Hembery hat jedoch Zweifel, ob die neue Gewichtung die gewünschten Effekte bringt. Es gibt weniger Variation in der Leistung der Fahrzeuge und 2-Stopp-Strategien werden unwahrscheinlicher.

In der 2. Saison von Pirelli in der Formel 1 gab es 7 verschiedene Sieger. Auf die Frage, ob die neue Formel-1-Ära einen ähnlichen Effekt haben wird, antwortete Hembery: "Es wird eher das Gegenteil eintreffen. Aber wir machen das, was der Sport von uns verlangt."

"Im Jahr 2011 wollten sie Reifen, die schnell verschleißen. Nun wollen sie etwas völlig anderes. Wir werden sehen, was die Zuschauer denken, welcher Ansatz der bessere ist. Wir machen einfach das, was von uns verlangt wird."

"Es gibt natürlich immer Pro und Contra. Wir werden das genaue Resultat erst nach 5 oder 6 Rennen kennen."

Die Fahrer profitieren

Trotz seiner Zweifel glaubt Hembery, dass die Fahrer mit Reifen, die weniger verschleißen, mehr an ihre Grenzen gehen können, und damit näher an ihre Rivalen heranrücken würden.

"6 Jahre lang sollten wir Reifen herstellen, die für die Teams und Fahrer eine Herausforderung sein sollten.
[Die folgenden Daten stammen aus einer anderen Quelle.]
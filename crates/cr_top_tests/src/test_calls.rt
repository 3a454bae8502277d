//! Whole calls that tests make: what comes in, which reads and writes fail, and how the call ends.

ghost use Rattle.std.specs.Prelude.{◌≤◌};

use cr_io::{MemSink, MemSource, SureSink, SureSource};
use cr_top::{OpenGate, ringsearch};
use std::alloc::{AllocError, Global};
use std::sync::Wait;
use std::test::Fail;
use std::thread::Threads;

/// The numbers, from 1, of the read, of the write and of the write of a note that fail. 0 is none.
pub type Faults = (u64, u64, u64);

/// The status, what is written, and the note.
pub type Ending<'a> = (u8, &'a str, &'a str);

/// Ok where a case holds, and else its name.
pub fn check(name: &'static str, holds: bool) -> Result<(), Fail> {
    if holds { Ok(()) } else { Err(Fail::from(name)) }
}

/// Whether a call of which nothing fails ends so.
pub fn ends<R: AllocGlobal + Threads + Wait + Sync>(
    rt: &R,
    words: &[&str],
    input: &[u8],
    ending: Ending,
) -> Result<bool, Fail> {
    ends_with(rt, words, input, 50, (0, 0, 0), ending)
}

/// Whether a call ends so. Its source gives so many bytes at once at most, and its sinks take 16.
pub fn ends_with<R: AllocGlobal + Threads + Wait + Sync>(
    rt: &R,
    words: &[&str],
    input: &[u8],
    most: u64,
    faults: Faults,
    ending: Ending,
) -> Result<bool, Fail>
    requires { 1 ≤ most }
{
    let alloc = rt.alloc();
    let (read, write, note) = faults;
    let words = words_of(alloc, words)?;
    let mut source = MemSource::new(input.to_vec(alloc)?, [read].to_vec(alloc)?, most);
    let mut sink = sink_of(alloc, write)?;
    let mut notes = sink_of(alloc, note)?;
    let status = ringsearch(rt, &words, &mut source, &mut sink, &mut notes, &OpenGate);
    Ok(is_ending(status.code(), &sink, &notes, ending))
}

/// Checks that a call ends with the status of a failed read where its second read fails, and with that of a failed write
/// where its first write does, and that nothing is written.
pub fn check_faults<R: AllocGlobal + Threads + Wait + Sync>(
    rt: &R,
    words: &[&str],
    input: &[u8],
) -> Result<(), Fail> {
    let unread = (6, "", "ringsearch: read failed\n");
    let unwritten = (7, "", "ringsearch: write failed\n");
    check(
        "a read",
        ends_with(rt, words, input, 50, (2, 0, 0), unread)?,
    )?;
    check(
        "a write",
        ends_with(rt, words, input, 50, (0, 1, 0), unwritten)?,
    )
}

/// The status of a call of which nothing fails, and what it writes.
pub fn answered<R: AllocGlobal + Threads + Wait + Sync>(
    rt: &R,
    words: &[&str],
    input: &[u8],
) -> Result<(u8, Vec<u8>), Fail> {
    let alloc = rt.alloc();
    let words = words_of(alloc, words)?;
    let mut source = SureSource::new(input.to_vec(alloc)?);
    let mut sink = SureSink::new(alloc);
    let mut notes = SureSink::new(alloc);
    let status = ringsearch(rt, &words, &mut source, &mut sink, &mut notes, &OpenGate);
    let text = sink.bytes().unwrap_or_default().to_vec(alloc)?;
    Ok((status.code(), text))
}

/// The words as texts of their own.
pub fn words_of(alloc: Global, words: &[&str]) -> Result<Vec<String>, Fail> {
    let mut texts = Vec::new(alloc);
    for word in words {
        texts.push(String::from_str(alloc, word)?)?;
    }
    Ok(texts)
}

// A sink that takes 16 bytes at once, and fails at one write.
fn sink_of(alloc: Global, write: u64) -> Result<MemSink, AllocError> {
    Ok(MemSink::new(alloc, [write].to_vec(alloc)?, 16))
}

// Whether this is how a call ended.
fn is_ending(code: u8, sink: &MemSink, notes: &MemSink, ending: Ending) -> bool {
    let (wanted, written, noted) = ending;
    code == wanted
        && sink.bytes() == Some(written.as_bytes())
        && notes.bytes() == Some(noted.as_bytes())
}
Sie sollten lernen, mit der Überhitzung und dem Verschleiß umzugehen."

"Nun sollen wir diese Effekte reduzieren, damit die Fahrer bei Überholmanövern alles aus dem Fahrzeug herausholen können."

"Die Reifen müssen im Einklang mit der Aerodynamik sein. Die neue Aerodynamik soll die Luftströme, die auf das hinterherfahrende Auto treffen, reduzieren. Kombiniert mit den Reifen sollten daher aggressivere Überholmanöver möglich sein."

"Es wird jedoch mehr Kurven geben, in denen Vollgas gefahren wird. Das wird nicht helfen, um die Anzahl der Überholmanöver zu erhöhen. Kein Fahrer wird zurückstecken, wenn er nicht auf die Bremse muss."

Neue Charakteristik

Die Formel-1-Piloten haben in der Saison 2017 die Möglichkeit, die Reifen, wenn sie einmal überhitzen, zurück in den optimalen Arbeitsbereich zu bekommen. Bei den Reifen aus dem Vorjahr war das nicht so einfach möglich.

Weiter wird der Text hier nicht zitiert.